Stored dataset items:

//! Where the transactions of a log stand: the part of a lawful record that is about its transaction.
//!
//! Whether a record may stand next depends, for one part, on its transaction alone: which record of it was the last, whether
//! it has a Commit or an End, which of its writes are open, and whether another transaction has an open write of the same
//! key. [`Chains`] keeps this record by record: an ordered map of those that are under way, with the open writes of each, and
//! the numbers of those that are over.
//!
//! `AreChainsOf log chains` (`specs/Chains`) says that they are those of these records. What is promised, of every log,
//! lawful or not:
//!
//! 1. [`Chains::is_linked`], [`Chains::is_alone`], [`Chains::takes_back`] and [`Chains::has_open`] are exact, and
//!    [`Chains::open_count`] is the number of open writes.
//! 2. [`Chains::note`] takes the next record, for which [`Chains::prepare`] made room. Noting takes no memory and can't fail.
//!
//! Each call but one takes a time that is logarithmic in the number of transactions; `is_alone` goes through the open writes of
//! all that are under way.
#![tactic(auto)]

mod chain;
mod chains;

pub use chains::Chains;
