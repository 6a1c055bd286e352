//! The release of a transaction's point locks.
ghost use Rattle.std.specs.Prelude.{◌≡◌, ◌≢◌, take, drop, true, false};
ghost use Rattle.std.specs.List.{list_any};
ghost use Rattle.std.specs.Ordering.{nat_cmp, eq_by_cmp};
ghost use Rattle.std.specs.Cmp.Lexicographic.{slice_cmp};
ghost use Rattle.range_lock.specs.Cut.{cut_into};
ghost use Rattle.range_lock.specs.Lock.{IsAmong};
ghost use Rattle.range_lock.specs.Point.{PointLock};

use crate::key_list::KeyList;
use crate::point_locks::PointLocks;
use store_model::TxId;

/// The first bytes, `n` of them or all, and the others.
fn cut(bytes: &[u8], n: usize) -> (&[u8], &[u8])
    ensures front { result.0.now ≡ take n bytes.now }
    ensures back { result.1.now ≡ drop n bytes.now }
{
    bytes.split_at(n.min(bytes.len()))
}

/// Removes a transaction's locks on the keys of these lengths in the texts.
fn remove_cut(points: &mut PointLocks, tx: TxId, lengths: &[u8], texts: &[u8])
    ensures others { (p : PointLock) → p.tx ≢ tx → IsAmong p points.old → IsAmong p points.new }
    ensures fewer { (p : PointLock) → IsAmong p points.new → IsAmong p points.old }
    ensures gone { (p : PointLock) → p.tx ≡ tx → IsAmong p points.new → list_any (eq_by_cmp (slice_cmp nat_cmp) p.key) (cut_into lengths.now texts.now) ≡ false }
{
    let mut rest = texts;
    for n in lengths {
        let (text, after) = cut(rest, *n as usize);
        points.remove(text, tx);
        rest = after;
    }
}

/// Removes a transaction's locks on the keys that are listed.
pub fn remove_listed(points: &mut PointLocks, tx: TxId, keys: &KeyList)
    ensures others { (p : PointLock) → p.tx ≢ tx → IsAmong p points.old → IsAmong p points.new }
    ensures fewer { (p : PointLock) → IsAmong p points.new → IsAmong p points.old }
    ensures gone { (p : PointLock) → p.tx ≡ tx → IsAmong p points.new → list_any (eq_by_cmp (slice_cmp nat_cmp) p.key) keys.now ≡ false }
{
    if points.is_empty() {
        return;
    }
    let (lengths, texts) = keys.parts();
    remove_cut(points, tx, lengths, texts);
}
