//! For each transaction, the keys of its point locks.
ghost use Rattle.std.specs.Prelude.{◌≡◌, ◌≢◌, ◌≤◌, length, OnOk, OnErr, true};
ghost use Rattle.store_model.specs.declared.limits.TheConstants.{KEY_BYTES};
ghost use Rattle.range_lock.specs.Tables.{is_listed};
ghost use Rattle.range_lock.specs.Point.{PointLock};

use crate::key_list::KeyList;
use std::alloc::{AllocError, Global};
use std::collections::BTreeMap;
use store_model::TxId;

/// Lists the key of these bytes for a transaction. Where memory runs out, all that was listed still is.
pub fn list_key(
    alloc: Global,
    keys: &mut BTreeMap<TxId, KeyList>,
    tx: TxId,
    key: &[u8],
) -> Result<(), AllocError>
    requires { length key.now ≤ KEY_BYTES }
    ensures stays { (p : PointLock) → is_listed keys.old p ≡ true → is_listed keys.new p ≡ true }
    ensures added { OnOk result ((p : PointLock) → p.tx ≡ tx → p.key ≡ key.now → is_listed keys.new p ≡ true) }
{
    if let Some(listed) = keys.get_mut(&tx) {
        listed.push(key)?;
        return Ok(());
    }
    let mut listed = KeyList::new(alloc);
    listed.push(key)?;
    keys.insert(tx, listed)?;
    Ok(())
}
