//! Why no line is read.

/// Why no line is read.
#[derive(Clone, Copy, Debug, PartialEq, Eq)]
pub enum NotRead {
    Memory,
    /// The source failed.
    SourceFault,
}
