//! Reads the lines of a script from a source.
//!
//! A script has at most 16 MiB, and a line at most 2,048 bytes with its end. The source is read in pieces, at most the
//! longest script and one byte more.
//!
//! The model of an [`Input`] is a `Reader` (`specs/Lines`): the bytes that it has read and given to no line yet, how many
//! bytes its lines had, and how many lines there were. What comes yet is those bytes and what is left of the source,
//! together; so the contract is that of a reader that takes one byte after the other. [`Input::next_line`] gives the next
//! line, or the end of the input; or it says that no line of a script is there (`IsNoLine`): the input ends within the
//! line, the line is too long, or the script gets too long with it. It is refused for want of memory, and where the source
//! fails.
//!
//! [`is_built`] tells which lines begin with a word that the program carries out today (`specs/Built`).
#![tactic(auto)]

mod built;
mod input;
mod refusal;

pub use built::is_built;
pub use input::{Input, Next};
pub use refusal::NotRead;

> TASK INSTRUCTIONS:
Check each line above for the string "AllocError", then copy the ones that have it.

> RESULT FOR THIS TASK:
use std::alloc::{AllocError, Global};
) -> Result<(), AllocError>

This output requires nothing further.